恒常的なNrf2活性化によるアセトアミノフェン毒性発現の防御

抄録

【目的】転写因子Nrf2は親電子性物質などの刺激により細胞質から核へ移行・蓄積し、主に第II相解毒代謝酵素群の転写を活性化する。この活性化は、非刺激下においてNrf2と結合しているストレスセンサータンパク質Keap1によって制御されている。恒常的なNrf2活性化を示すKeap1ノックアウト (KO) マウスは離乳前に致死となり、その後の解析が不可能であった。そこで、当研究室において確立したKeap1ノックダウン (KD) マウスを用いて、肝毒性を示す解熱鎮痛剤アセトアミノフェン (APAP) の毒性発現抑制における恒常的なNrf2活性化の寄与を調べた。
【方法】Keap1 KDマウス：Keap1flox/－を用いた。APAP投与：700 mg/kgを単回腹腔内投与した。抗酸化剤またはグルタチオン (GSH) 枯渇剤はAPAPと同時投与した。

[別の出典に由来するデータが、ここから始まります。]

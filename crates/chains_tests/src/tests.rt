//! Shapes with few and with many chains.

ghost use Rattle.std.specs.Prelude.{Decides};
ghost use Rattle.chains.specs.Chains.{Ordered};

use crate::count::count_chains;
use chains::message::Message;
use chains::network::Network;
use chains::network::checked::is_processing_order;
use chains::reach::{reach_rows, reaches};
use chains::sums::{greatest_block_sums, greatest_step_sums};
use std::array;

// What the figures say of a shape. Before a question each number is 9, and each flag false.
#[derive(Clone, Copy)]
struct Found {
    count: [u64; 257],
    block_sums: [u64; 257],
    step_sums: [u64; 257],
    reached: [bool; 257],
    rows: [[bool; 257]; 257],
}

fn unasked() -> Found {
    Found {
        count: [9; 257],
        block_sums: [9; 257],
        step_sums: [9; 257],
        reached: [false; 257],
        rows: [[false; 257]; 257],
    }
}

// Asks every figure, where the order is good. It fills what is lent, and answers no `Option<Found>`: a test reads that a
// refused question leaves `found` as it was.
fn asked<'x>(
    messages: &'x [Message],
    order: &'x [u32],
    times: &[u64; 257],
    costs: &[u64],
    goal: u32,
    found: &mut Found,
) -> bool
    ensures { Decides result (Ordered messages.now order.now) }
{
    if !is_processing_order(messages, order) {
        return false;
    }
    let network = Network { messages, order };
    count_chains(&network, &mut found.count);
    greatest_block_sums(&network, times, &mut found.block_sums);
    greatest_step_sums(&network, costs, &mut found.step_sums);
    reaches(&network, goal, &mut found.reached);
    reach_rows(&network, &mut found.rows);
    true
}

fn message(from: u32, to: u32) -> Message {
    Message { from, to, size: 1 }
}

#[test]
fn one_block_alone(rt: HostRuntime) {
    let mut found = unasked();
    assert!(rt; asked(&[], &[7], &[5; 257], &[], 7, &mut found));
    assert!(rt; found.count[7] == 1 && found.block_sums[7] == 5 && found.step_sums[7] == 0);
    assert!(rt; found.reached[7] && found.rows[7][7] && !found.rows[7][8]);
    assert!(rt;
        found.count[6] == 9
            && found.block_sums[8] == 9
            && found.step_sums[0] == 9
            && !found.reached[8]
    );
}

// 1 to 2 and 3, both of these to 4.
fn diamond() -> [Message; 4] {
    [message(1, 2), message(1, 3), message(2, 4), message(3, 4)]
}

#[test]
fn a_diamond(rt: HostRuntime) {
    let mut times = [1u64; 257];
    times[3] = 10;
    let mut costs = [0u64; 1300];
    costs[257 + 2] = 50;
    costs[257 + 3] = 7;
    costs[2 * 257 + 4] = 1;
    costs[3 * 257 + 4] = 60;
    let mut found = unasked();
    assert!(rt; asked(&diamond(), &[1, 2, 3, 4], &times, &costs, 3, &mut found));
    assert!(rt;
        found.count[1] == 5 && found.count[2] == 2 && found.count[3] == 2 && found.count[4] == 1
    );
    assert!(rt;
        found.block_sums[1] == 12
            && found.block_sums[2] == 2
            && found.block_sums[3] == 11
            && found.block_sums[4] == 1
    );
    assert!(rt;
        found.step_sums[1] == 67
            && found.step_sums[2] == 1
            && found.step_sums[3] == 60
            && found.step_sums[4] == 0
    );
    assert!(rt; found.reached[1] && !found.reached[2] && found.reached[3] && !found.reached[4]);
    assert!(rt; found.rows[2][4] && !found.rows[2][3] && found.rows[1][4] && !found.rows[4][1]);
}

#[test]
fn several_messages_are_one_step(rt: HostRuntime) {
    let messages = [
        message(1, 2),
        message(1, 3),
        message(1, 2),
        message(2, 3),
        message(1, 2),
        message(1, 3),
        message(2, 3),
    ];
    let mut found = unasked();
    assert!(rt; asked(&messages, &[1, 2, 3], &[4; 257], &[], 3, &mut found));
    assert!(rt; found.count[1] == 4 && found.count[2] == 2 && found.count[3] == 1);
    assert!(rt; found.block_sums[1] == 12 && found.block_sums[2] == 8);
}

// Thirty diamonds in a row: block 3i + 1 to 3i + 2 and 3i + 3, both of these to 3i + 4.
fn ladder() -> [Message; 120] {
    array::from_fn(|k| {
        let top = 3 * (k / 4) as u32 + 1;
        match k % 4 {
            0 => message(top, top + 1),
            1 => message(top, top + 2),
            2 => message(top + 1, top + 3),
            _ => message(top + 2, top + 3),
        }
    })
}

// The blocks 1, 2, 3 and so on.
fn rising<const N: usize>() -> [u32; N] {
    let mut order = [0; N];
    for (b, block) in order.iter_mut().zip(1u32..) {
        *b = block;
    }
    order
}

// The times of the ladder: 5 at every second side, 2 at the other, 1 elsewhere.
fn ladder_times() -> [u64; 257] {
    array::from_fn(|b| match b % 3 {
        2 if b <= 90 => 2,
        0 if 1 <= b && b <= 90 => 5,
        _ => 1,
    })
}

#[test]
fn a_ladder_of_thirty_diamonds(rt: HostRuntime) {
    let mut found = unasked();
    assert!(rt;
        asked(
            &ladder(),
            &rising::<91>(),
            &ladder_times(),
            &[],
            91,
            &mut found,
        )
    );
    assert!(rt; found.count[1] == 4_294_967_293 && found.count[88] == 5 && found.count[91] == 1);
    assert!(rt;
        found.block_sums[1] == 181 && found.block_sums[2] == 177 && found.block_sums[3] == 180
    );
    assert!(rt; found.reached[1] && found.rows[1][90] && !found.rows[2][3] && !found.rows[4][3]);
}

// Block 1 to every other.
fn fan() -> [Message; 255] {
    array::from_fn(|i| message(1, i as u32 + 2))
}

#[test]
fn a_wide_fan(rt: HostRuntime) {
    let mut times = [1u64; 257];
    times[200] = u64::MAX;
    let mut found = unasked();
    assert!(rt; asked(&fan(), &rising::<256>(), &times, &[], 256, &mut found));
    assert!(rt; found.count[1] == 256 && found.count[2] == 1 && found.count[256] == 1);
    assert!(rt; found.block_sums[1] == u64::MAX && found.block_sums[2] == 1);
    assert!(rt; found.reached[1] && !found.reached[2] && found.reached[256]);
    assert!(rt; found.rows[1][2] && found.rows[1][255] && !found.rows[255][1]);
}

// Whether an order is refused for these messages, with everything left as it was.
fn refused<'x>(messages: &'x [Message], order: &'x [u32]) -> bool {
    let mut found = unasked();
    !asked(messages, order, &[1; 257], &[], 1, &mut found)
        && found.count[1] == 9
        && found.step_sums[1] == 9
}

#[test]
fn bad_orders_are_refused(rt: HostRuntime) {
    assert!(rt; refused(&diamond(), &[4, 3, 2, 1]), "backward");
    assert!(rt; refused(&diamond(), &[1, 3, 4, 2]), "one message backward");
    assert!(rt; refused(&diamond(), &[1, 2, 3]), "an end without a place");
    assert!(rt;
        refused(&[message(2, 2)], &[1, 2]),
        "a message to its sender"
    );
    assert!(rt;
        refused(&[message(1, 2); 3], &[2, 1]),
        "several messages backward"
    );
    assert!(rt; refused(&[], &[1, 2, 1]), "a block twice");
    assert!(rt; refused(&[], &[1, 0]), "0 is no block");
    assert!(rt; refused(&[], &[257, 1]), "257 is no block");
    assert!(rt; refused(&[], &rising::<257>()), "more than 256 blocks");
    assert!(rt;
        refused(&[message(1, 2); 1025], &[1, 2]),
        "more than 1,024 messages"
    );
    assert!(rt;
        refused(&ladder(), &rising::<90>()),
        "a ladder without its last block"
    );
    assert!(rt; refused(&fan(), &[1]), "a fan without its receivers");
}

#[test]
fn the_largest_network_is_taken(rt: HostRuntime) {
    let mut found = unasked();
    assert!(rt;
        asked(
            &[message(1, 256); 1024],
            &rising::<256>(),
            &[1; 257],
            &[],
            256,
            &mut found,
        )
    );
    assert!(rt; found.count[1] == 2 && found.count[256] == 1);
}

【結果および考察】Keap1 KDマウスは、成長遅延はみられるものの生殖可能な成獣に成長した。KDマウスでは主要臓器におけるKeap1タンパク質の発現減少がみられ、逆相関的にNrf2標的遺伝子であるNAD(P)H:キノン還元酵素１ (NQO1) の発現上昇がみられた。また、このKDマウス肝臓においてNrf2は恒常的に核蓄積していることを確認した。野生型マウスとKDマウスに致死量のAPAPを投与すると、KDマウスは全例48時間以上生存した。APAP投与後に野生型マウスでは総GSH量の減少がみられるが、KDマウスにおいては定常量に維持されていた。また、野生型におけるAPAP毒性は抗酸化剤NACによって防御できた。一方、GSH枯渇剤BSOとAPAPをKDマウスに同時投与すると、全例15時間以内に死亡した。以上より、APAPの毒性発現を抑制する機構として、恒常的なNrf2活性化による総GSH量の維持が重要な役割を果たしていることが明らかになった。